SEÇÃO II Dos Delegados Regionais
Art. 10. O Delegado Regional e respectivo suplente, são eleitos pelo Plenário
do Coren-RJ, entre os conselheiros Efetivos, possuindo mandato de 03 (três) anos.
Parágrafo único. O processamento da eleição e da investidura de Delegado
Regional e de seu respectivo Suplente obedecerá às normas do Cofen, em vigor na data
de cada pleito.
Art. 11. São atribuições do Delegado Regional: I. Representar o Coren-RJ junto
ao Conselho Federal; II. Eleger, trienalmente, na Assembleia de Delegados Regionais, os
Conselheiros Efetivos e Suplentes do Conselho Federal.
Parágrafo único.

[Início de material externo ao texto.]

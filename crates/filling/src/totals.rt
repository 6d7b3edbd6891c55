// The totals that a side can lawfully reach, and the largest that both can. An all-or-none order takes a
// stretch of its side's totals, from the pieces ahead of it to its own on top of them: a total inside the
// stretch would split it.
ghost use Rattle.std.specs.Prelude.{◌&&◌, List, ◌≡◌, ◌≤◌, ltb, length};
ghost use Rattle.lines.specs.Keys.{whole_in};
ghost use Rattle.lines.specs.Lines.{up_to};
ghost use Rattle.rules.specs.AuctionPrice.{Auction};
ghost use Rattle.rules.specs.Fills.{largest_total};
ghost use Rattle.rules.specs.declared.Heading.{Heading};
ghost use Rattle.rules.specs.declared.Side.TheVariants.{Buy, Sell};
ghost use Rattle.rules.specs.declared.Standing.{Standing};
ghost use Rattle.filling.specs.Queues.{QueueOf};
ghost use Rattle.filling.specs.Reaching.{WholeOf, ReachedFrom};

use lines::keys::{amount_in, whole_in};
use lines::line::Line;
use rules::Total;

// A total that a side can lawfully reach, how many orders of its queue may get pieces of it, and the pieces of
// these.
#[derive(Clone, Copy)]
pub(crate) struct Reached {
    pub total: Total,
    pub orders: usize,
    pub sum: Total,
}

// Whether a total would split an order, where so many pieces stand up to it and the total is above those
// ahead of it.
fn splits(entry: u64, upto: Total, total: Total) -> bool
    ensures { result ≡ (whole_in entry && ltb total.0 upto.0) }
{
    whole_in(entry) & (total.0 < upto.0)
}

impl Reached {
    // All of a queue.
    fn whole(queue: &Line) -> Reached
        ensures { WholeOf queue.now result }
    {
        let pieces = queue.pieces_at(0);
        Reached {
            total: pieces,
            orders: queue.len(),
            sum: pieces,
        }
    }

    // The largest total at or below one that a side can lawfully reach, going down from the last order that may
    // get pieces of it.
    fn lowered(self, queue: &Line, total: Total) -> Reached
        requires { (self.orders ≤ length queue.now) × (self.sum.0 ≡ up_to queue.now self.orders) }
        ensures { ReachedFrom queue.now self.orders total.0 result }
    {
        let mut upto = self.sum;
        for i in (0..self.orders).rev() {
            let entry = queue[i];
            let before = Total(upto.0 - amount_in(entry));
            if before.0 < total.0 {
                if splits(entry, upto, total) {
                    return Reached {
                        total: before,
                        orders: i,
                        sum: before,
                    };
                }
                return Reached {
                    total,
                    orders: i + 1,
                    sum: upto,
                };
            }
            upto = before;
        }
        Reached {
            total,
            orders: 0,
            sum: upto,
        }
    }
}

// The largest total within lawful reach of both sides. The outer loop steps down the lawful buy totals, the
// inner one the lawful sell totals. Two nested loops left by a label are a form that the project asks for
// (docs/DECISIONS.md, Language forms).
pub(crate) fn common_total(bids: &Line, asks: &Line) -> Total
    ensures { (h : Heading) (a : Auction) (os : List Standing) → QueueOf h a os Buy bids.now → QueueOf h a os Sell asks.now → result.0 ≡ largest_total h a os }
{
    let wanted = Reached::whole(bids);
    let offered = Reached::whole(asks);
    let most = Total(wanted.sum.0.min(offered.sum.0));
    let mut buy = wanted.lowered(bids, most);
    let mut sell = offered.lowered(asks, most);
    'walk: loop {
        while buy.total.0 <= sell.total.0 {
            if sell.total.0 == buy.total.0 {
                break 'walk;
            }
            sell = sell.lowered(asks, buy.total);
        }
        buy = buy.lowered(bids, sell.total);
    }
    buy.total
}
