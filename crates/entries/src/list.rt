// Listed entries.
ghost use Rattle.std.specs.Prelude.{◌≡◌, map};
ghost use Rattle.network.specs.Plmn.{among};
ghost use Rattle.config.specs.Settings.{plmn_in};

use entry::field::Preferred;
use network::Plmn;

// Whether a PLMN stands among listed ones.
pub fn has_preferred(list: &[Preferred], p: Plmn) -> bool
    ensures { result ≡ among p (map plmn_in list.now) }
{
    list.iter().any(|listed| p == listed.plmn)
}
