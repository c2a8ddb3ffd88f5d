// The readers of the entries of the configuration text, each at a place of the text.
#![tactic(auto)]

pub mod line;
pub mod list;
pub mod nodes;
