// `node` in the configuration text.
ghost use Rattle.std.specs.Prelude.{◌≤◌, length};
ghost use Rattle.entries.specs.Branch.{AddressIs, NameIs, NodedIs};

use crate::line::begins;
use address::Address;
use config::Node;
use entry::field::MOST_NAME;
use entry::{BEFORE_NAME, NEWLINE};
use fields::field::Field;
use fields::name::name_end;
use fields::read::number_at;
use text::read_digits;

// The octets of a line before a node address: `node`, a tab, its version and a tab.
const BEFORE_ADDRESS: usize = 8;

// The digits of an address of version 4.
const DIGITS_4: usize = 8;

// The digits of half an address of version 6.
const HALF: usize = 16;

// The base of the digits of an address.
const HEXADECIMAL: u64 = 16;

// The node name at a place and the newline that ends it.
fn name_at(text: &[u8], start: usize) -> Option<Field<Node>>
    requires { start ≤ length text.now }
    ensures { NameIs text.now start result }
{
    let end = name_end(text, start);
    if (end == text.len()) || (text[end] != NEWLINE) {
        return None;
    }
    let length = end - start;
    if (length < 1) | (MOST_NAME < length) {
        return None;
    }
    Some(Field {
        value: Node::Name { at: start, length },
        next: end + 1,
    })
}

// The address of version 4 at a place and the newline that ends it.
fn version_4_at(text: &[u8], start: usize) -> Option<Field<Node>>
    requires { start ≤ length text.now }
    ensures { AddressIs 4 text.now start result }
{
    let digits = number_at(text, start, DIGITS_4, HEXADECIMAL, NEWLINE)?;
    Some(Field {
        value: Node::Address(Address::V4(digits.value)),
        next: digits.next,
    })
}

// The address of version 6 at a place and the newline that ends it.
fn version_6_at(text: &[u8], start: usize) -> Option<Field<Node>>
    requires { start ≤ length text.now }
    ensures { AddressIs 6 text.now start result }
{
    let middle = start + HALF;
    if text.len() < middle {
        return None;
    }
    let high = read_digits(&text[start..middle], HEXADECIMAL)?;
    let low = number_at(text, middle, HALF, HEXADECIMAL, NEWLINE)?;
    Some(Field {
        value: Node::Address(Address::V6(high, low.value)),
        next: low.next,
    })
}

// What `node` says at a place, and where the entries behind it begin.
pub fn node_at(text: &[u8], at: usize) -> Option<Field<Node>>
    requires { at ≤ length text.now }
    ensures { NodedIs text.now at result }
{
    if begins(text, at, b"node\tname\t") {
        return name_at(text, at + BEFORE_NAME);
    }
    if begins(text, at, b"node\tv4\t") {
        return version_4_at(text, at + BEFORE_ADDRESS);
    }
    if begins(text, at, b"node\tv6\t") {
        return version_6_at(text, at + BEFORE_ADDRESS);
    }
    None
}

O Delegado Suplente substituirá o Delegado Regional Efetivo
em suas faltas e impedimentos e o sucederá em caso de vacância.
SEÇÃO III Do Plenário do Coren-RJ
Subseção I Da Composição do Plenário
Art. 12. O Plenário do Coren-RJ é composto por 21 (vinte e um) membros
efetivos, e o mesmo número de suplentes, de nacionalidade brasileira, na proporção de
3/5 (três quintos) de enfermeiros e 2/5 (dois quintos) de profissionais das demais
categorias de pessoal de enfermagem reguladas em lei.
§ 1º. O número de membros efetivos será sempre ímpar e sua fixação
observará proporção ao número de profissionais inscritos no Coren-RJ, nos termos da Lei
nº 5.905/1973.
§ 2º. A alteração do número de conselheiros do Coren-RJ poderá ser realizada
por meio de decisão do Plenário, devidamente justificada, devendo ser submetida à
homologação do Plenário do Cofen.
§ 3º. O mandato eletivo dos membros do Plenário do Coren-RJ é honorífico e
tem duração de três anos, admitida uma reeleição consecutiva.
§ 4º. É incompatível o exercício de mandatos de Conselheiro Federal e Regional
simultaneamente, excetuadas as designações pelo plenário do Cofen.
Art. 13. O mandato de Conselheiro extingue-se antes de seu término, quando:
I. Ocorrer cancelamento ou suspensão da inscrição profissional; II. Sofrer condenação
judicial ou administrativo disciplinar irrecorrível, em que conste na decisão a determinação
de perda do mandato; III. Faltar a 5 (cinco) reuniões de plenário, durante o ano civil, sem
aprovação da justificativa pelo Coren-RJ; IV. Renunciar ao mandato.
Art. 14. O preenchimento da vacância de mandato de Conselheiro Regional, observará
o disposto no Código Eleitoral do Sistema Cofen/Conselhos Regionais de Enfermagem.
Art. 15.O pedido de licença ou renúncia de Conselheiro Regional deverá ser
comunicado por escrito ao Plenário do Coren-RJ.
Art. 16.O Conselheiro Regional efetivo
será substituído em sua falta,
impedimento ou licença, por um suplente.